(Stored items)
● ● ● ● ● ● ●

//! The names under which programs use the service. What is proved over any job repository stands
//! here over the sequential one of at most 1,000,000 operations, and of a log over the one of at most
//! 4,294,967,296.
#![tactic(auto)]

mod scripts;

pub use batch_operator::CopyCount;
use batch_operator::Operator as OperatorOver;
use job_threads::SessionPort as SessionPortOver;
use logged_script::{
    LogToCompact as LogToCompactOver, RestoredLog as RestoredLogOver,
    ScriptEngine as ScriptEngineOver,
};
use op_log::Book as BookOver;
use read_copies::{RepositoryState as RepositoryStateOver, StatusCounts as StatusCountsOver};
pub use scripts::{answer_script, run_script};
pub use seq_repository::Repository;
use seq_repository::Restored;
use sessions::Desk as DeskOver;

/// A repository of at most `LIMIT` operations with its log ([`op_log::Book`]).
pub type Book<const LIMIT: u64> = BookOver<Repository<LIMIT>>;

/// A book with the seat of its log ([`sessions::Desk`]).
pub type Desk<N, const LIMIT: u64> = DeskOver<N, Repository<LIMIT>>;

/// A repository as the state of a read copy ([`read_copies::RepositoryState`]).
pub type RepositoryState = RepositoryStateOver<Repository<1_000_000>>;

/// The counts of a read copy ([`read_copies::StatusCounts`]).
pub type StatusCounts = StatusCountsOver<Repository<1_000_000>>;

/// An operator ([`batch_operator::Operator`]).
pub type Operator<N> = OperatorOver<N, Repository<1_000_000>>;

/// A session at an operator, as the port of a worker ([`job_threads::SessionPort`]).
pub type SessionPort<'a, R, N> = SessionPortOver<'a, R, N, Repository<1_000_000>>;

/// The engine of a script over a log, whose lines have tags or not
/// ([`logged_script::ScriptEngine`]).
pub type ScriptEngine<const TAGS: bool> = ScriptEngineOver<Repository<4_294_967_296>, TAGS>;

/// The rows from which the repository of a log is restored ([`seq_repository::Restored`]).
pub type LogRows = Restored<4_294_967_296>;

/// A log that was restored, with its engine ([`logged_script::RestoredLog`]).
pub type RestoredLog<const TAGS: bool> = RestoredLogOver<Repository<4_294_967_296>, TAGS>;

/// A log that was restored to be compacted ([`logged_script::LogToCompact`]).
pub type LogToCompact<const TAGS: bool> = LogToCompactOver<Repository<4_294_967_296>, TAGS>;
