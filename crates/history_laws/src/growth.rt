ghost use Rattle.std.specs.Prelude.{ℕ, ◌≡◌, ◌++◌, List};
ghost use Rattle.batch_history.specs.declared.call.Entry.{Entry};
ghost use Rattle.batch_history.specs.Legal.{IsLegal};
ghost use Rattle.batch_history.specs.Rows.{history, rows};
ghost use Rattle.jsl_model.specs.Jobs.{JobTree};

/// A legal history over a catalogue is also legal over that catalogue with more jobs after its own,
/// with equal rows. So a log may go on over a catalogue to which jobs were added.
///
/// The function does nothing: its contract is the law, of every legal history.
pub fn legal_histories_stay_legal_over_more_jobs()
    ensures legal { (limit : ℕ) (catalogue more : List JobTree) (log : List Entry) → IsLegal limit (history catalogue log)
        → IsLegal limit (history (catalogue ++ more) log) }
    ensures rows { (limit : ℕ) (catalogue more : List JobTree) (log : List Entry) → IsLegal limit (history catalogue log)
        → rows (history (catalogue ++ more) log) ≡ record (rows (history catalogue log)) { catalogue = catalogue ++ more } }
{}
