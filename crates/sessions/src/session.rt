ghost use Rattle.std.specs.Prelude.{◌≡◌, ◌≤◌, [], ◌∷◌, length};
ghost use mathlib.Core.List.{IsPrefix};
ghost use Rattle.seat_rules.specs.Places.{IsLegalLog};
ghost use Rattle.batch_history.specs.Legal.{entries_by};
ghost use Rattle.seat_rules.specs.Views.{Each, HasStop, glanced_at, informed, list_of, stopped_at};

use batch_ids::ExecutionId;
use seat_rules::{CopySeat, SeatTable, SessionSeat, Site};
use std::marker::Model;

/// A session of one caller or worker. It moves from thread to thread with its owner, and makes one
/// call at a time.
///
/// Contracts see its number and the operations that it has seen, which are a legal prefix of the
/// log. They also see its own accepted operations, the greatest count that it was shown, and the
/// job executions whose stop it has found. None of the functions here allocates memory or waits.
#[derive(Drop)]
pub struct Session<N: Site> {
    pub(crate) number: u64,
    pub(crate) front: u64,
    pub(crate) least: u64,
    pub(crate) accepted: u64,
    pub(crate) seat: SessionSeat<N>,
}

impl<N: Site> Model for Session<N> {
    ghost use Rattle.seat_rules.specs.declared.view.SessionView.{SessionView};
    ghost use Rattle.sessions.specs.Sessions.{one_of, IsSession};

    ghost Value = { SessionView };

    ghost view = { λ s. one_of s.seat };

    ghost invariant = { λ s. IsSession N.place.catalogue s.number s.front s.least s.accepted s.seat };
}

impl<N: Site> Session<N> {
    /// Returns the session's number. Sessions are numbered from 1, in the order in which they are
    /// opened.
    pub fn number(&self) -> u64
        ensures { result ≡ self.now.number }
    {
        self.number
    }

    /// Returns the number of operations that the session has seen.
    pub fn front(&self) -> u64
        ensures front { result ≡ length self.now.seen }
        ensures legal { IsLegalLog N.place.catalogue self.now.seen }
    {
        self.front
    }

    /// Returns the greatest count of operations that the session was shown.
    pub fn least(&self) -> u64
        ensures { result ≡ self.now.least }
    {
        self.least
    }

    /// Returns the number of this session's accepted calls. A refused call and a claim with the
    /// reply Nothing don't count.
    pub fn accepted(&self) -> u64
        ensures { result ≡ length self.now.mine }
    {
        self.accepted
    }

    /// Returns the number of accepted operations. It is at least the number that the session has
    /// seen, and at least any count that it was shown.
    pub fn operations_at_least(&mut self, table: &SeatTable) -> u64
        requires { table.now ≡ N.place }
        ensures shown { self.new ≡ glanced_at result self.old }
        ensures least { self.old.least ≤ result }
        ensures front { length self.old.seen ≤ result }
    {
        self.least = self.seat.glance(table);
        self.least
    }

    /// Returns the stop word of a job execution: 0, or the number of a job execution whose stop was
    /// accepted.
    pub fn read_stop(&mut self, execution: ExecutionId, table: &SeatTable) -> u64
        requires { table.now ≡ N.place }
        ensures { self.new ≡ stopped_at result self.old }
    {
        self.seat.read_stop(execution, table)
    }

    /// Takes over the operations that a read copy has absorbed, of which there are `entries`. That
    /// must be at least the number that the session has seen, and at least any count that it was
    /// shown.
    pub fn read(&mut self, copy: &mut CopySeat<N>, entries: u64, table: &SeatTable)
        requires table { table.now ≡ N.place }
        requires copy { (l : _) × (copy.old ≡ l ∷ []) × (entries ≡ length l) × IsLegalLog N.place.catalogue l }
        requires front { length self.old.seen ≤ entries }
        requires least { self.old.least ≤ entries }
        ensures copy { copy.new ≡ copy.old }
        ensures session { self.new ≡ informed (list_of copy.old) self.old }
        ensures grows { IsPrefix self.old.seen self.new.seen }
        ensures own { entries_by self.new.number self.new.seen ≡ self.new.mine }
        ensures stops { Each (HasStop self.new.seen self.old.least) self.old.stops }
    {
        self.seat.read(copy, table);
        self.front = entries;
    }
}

● ● ● ● ● ● ●

- WORK TO COMPLETE
Each line of the records, from the opening one through the line holding "pub type Desk<N, const", should be restated word for word, with nothing else in the answer.

- YOUR SOLUTION
//! The names under which programs use the service. What is proved over any job repository stands
//! here over the sequential one of at most 1,000,000 operations, and of a log over the one of at most
//! 4,294,967,296.
#![tactic(auto)]

mod scripts;

pub use batch_operator::CopyCount;
use batch_operator::Operator as OperatorOver;
use job_threads::SessionPort as SessionPortOver;
use logged_script::{
    LogToCompact as LogToCompactOver, RestoredLog as RestoredLogOver,
    ScriptEngine as ScriptEngineOver,
};
use op_log::Book as BookOver;
use read_copies::{RepositoryState as RepositoryStateOver, StatusCounts as StatusCountsOver};
pub use scripts::{answer_script, run_script};
pub use seq_repository::Repository;
use seq_repository::Restored;
use sessions::Desk as DeskOver;

/// A repository of at most `LIMIT` operations with its log ([`op_log::Book`]).
pub type Book<const LIMIT: u64> = BookOver<Repository<LIMIT>>;

/// A book with the seat of its log ([`sessions::Desk`]).
pub type Desk<N, const LIMIT: u64> = DeskOver<N, Repository<LIMIT>>;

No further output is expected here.